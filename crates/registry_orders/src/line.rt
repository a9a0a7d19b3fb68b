//! The words of a command line, read by its grammar.
ghost use Rattle.std.specs.Prelude.{List, IfErr, IfOk, map};
ghost use Rattle.clap.specs.Words.{subcommand_rows_of};
ghost use Rattle.oci_types.specs.Text.{Text};
ghost use Rattle.registry_orders.specs.Reading.{IsToldOfWords};
ghost use Rattle.registry_orders.specs.Tasks.{IsTask, IsTaskOf};

use crate::failure::Failure;
use crate::tasks::{Task, task_of};
use crate::unread::{Told, told_of};
use clap::ArgMatches;
use command_line::command;
use std::alloc::Global;
use std::convert::AsStr;

/// Reads what `clap` found in the words.
fn read_matches<'a>(alloc: Global, matches: &ArgMatches<'a>) -> Result<Task<'a>, Told<'a>>
    ensures read { IfOk result (IsTaskOf (subcommand_rows_of matches.now)) }
    ensures refused { (words : List Text) → IfErr result (IsToldOfWords words) }
{
    match matches.subcommand() {
        Some((word, matches)) => match task_of(alloc, word, matches) {
            Ok(task) => Ok(task),
            Err(failure) => Err(told_of(word, matches, failure)),
        },
        None => Err(Told::Failed(Failure::InvalidOptions)),
    }
}

/// Reads the words: what `clap` refuses is told first, then options that do not go together or do not
/// split, of which the place of an order is told before its layout and its token, then a name, then a token
/// that is none.
/// No database is opened here, and no server is asked.
pub fn read_words<'a, S: AsStr>(alloc: Global, words: &'a [S]) -> Result<Task<'a>, Told<'a>>
    ensures read { IfOk result (IsTask (map S.text words.entry.now)) }
    ensures refused { IfErr result (IsToldOfWords (map S.text words.entry.now)) }
{
    let command = match command(alloc) {
        Ok(command) => command,
        Err(_) => return Err(Told::Failed(Failure::OutOfMemory)),
    };
    match command.try_get_matches_from(words) {
        Ok(matches) => read_matches(alloc, &matches),
        Err(error) => Err(Told::Line(error)),
    }
}
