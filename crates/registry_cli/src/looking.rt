//! What is wrong with the path of a database that failed, as it can be seen there afterwards.
use crate::beginning::names_a_file;
use registry_orders::Cause;
use sqlite::Unknown;
use sqlite_std_file::OpenError;
use std::fs::OpenOptions;
use std::io::{ErrorKind, Read, Write};
use std::os::unix::fs::OpenOptionsExt;
use std::{fs, io};

/// What the file of a database begins with.
const MAGIC: &[u8; 16] = b"SQLite format 3\0";

/// Whether the file holds something that is no database; unknown where it is not read.
fn is_foreign(rt: &HostRuntime, path: &str) -> io::Result<bool> {
    let mut file = fs::open(rt, path)?;
    let mut head = [0; 16];
    let count = file.read(&mut head)?;
    Ok(count != 0 && head.as_slice() != MAGIC.as_slice())
}

/// Writes a page to a new file, and takes that away again.
fn write_page(rt: &HostRuntime, path: &str) -> io::Result<()> {
    let page = vec![in rt.alloc(); 0; 4096]?;
    let mut file = OpenOptions::new()
        .write(true)
        .create_new(true)
        .mode(0o600)
        .open(rt, path)?;
    let written = file.write_all(page.as_slice());
    let synced = file.sync_all();
    fs::remove_file(rt, path)?;
    written?;
    synced
}

/// Whether the disk takes no page beside the file.
fn is_full(rt: &HostRuntime, path: &str) -> io::Result<bool> {
    let beside = format!(in rt.alloc(); "{path}-full")?;
    match write_page(rt, beside.as_str()) {
        Ok(()) => Ok(false),
        Err(error) => Ok(is_of_space(error.kind())),
    }
}

fn is_of_space(kind: ErrorKind) -> bool {
    matches!(kind, ErrorKind::StorageFull | ErrorKind::QuotaExceeded)
}

/// What is wrong where the files of a database can be opened.
fn cause_in_files(rt: &HostRuntime, path: &str) -> Option<Cause> {
    if is_foreign(rt, path).unwrap_or(false) {
        return Some(Cause::NoDatabase);
    }
    if is_full(rt, path).unwrap_or(false) {
        return Some(Cause::DiskFull);
    }
    None
}

/// Who may not do what, where opening was denied.
fn cause_of_denial(rt: &HostRuntime, path: &str) -> Cause {
    match fs::open(rt, path) {
        Err(error) if error.kind() == ErrorKind::PermissionDenied => Cause::NoRightToRead,
        _ => Cause::NoRightToWrite,
    }
}

/// What stands at the path in place of a plain file.
fn cause_of_kind(rt: &HostRuntime, path: &str) -> Cause {
    match fs::metadata(rt, path) {
        Ok(found) if found.is_dir() => Cause::IsFolder,
        _ => Cause::NoPlainFile,
    }
}

/// What is wrong where the files of a database cannot be opened.
pub(crate) fn cause_of_opening(rt: &HostRuntime, path: &str, kind: ErrorKind) -> Option<Cause> {
    match kind {
        ErrorKind::NotFound | ErrorKind::NotADirectory => Some(Cause::NoFolder),
        ErrorKind::PermissionDenied => Some(cause_of_denial(rt, path)),
        ErrorKind::ReadOnlyFilesystem => Some(Cause::ReadOnly),
        ErrorKind::Unsupported | ErrorKind::IsADirectory => Some(cause_of_kind(rt, path)),
        _ if is_of_space(kind) => Some(Cause::DiskFull),
        _ => None,
    }
}

/// Opens the files of a database, and closes them.
fn try_files(rt: &HostRuntime, path: &str) -> Result<(), OpenError> {
    let _files = sqlite_std_file::open(rt, path, Unknown)?;
    Ok(())
}

/// Why the database at a path is not opened, or cannot be written. It is asked for while this process has
/// it closed: its files are opened once more, as an opening does, and what that answers is told.
pub fn cause_at(rt: &HostRuntime, path: &str) -> Option<Cause> {
    if !names_a_file(path) {
        return Some(Cause::NoFileName);
    }
    match try_files(rt, path) {
        Ok(()) => cause_in_files(rt, path),
        Err(OpenError::Busy) => Some(Cause::InUse),
        Err(OpenError::HotJournal) => Some(Cause::Journal),
        Err(OpenError::OutOfMemory) => None,
        Err(OpenError::Io(error)) => cause_of_opening(rt, path, error.kind()),
    }
}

■ **WORK ORDER**: The only reply wanted is the number of lines in the records above containing the word "format".

■ **PROBLEM SOLUTION**: 2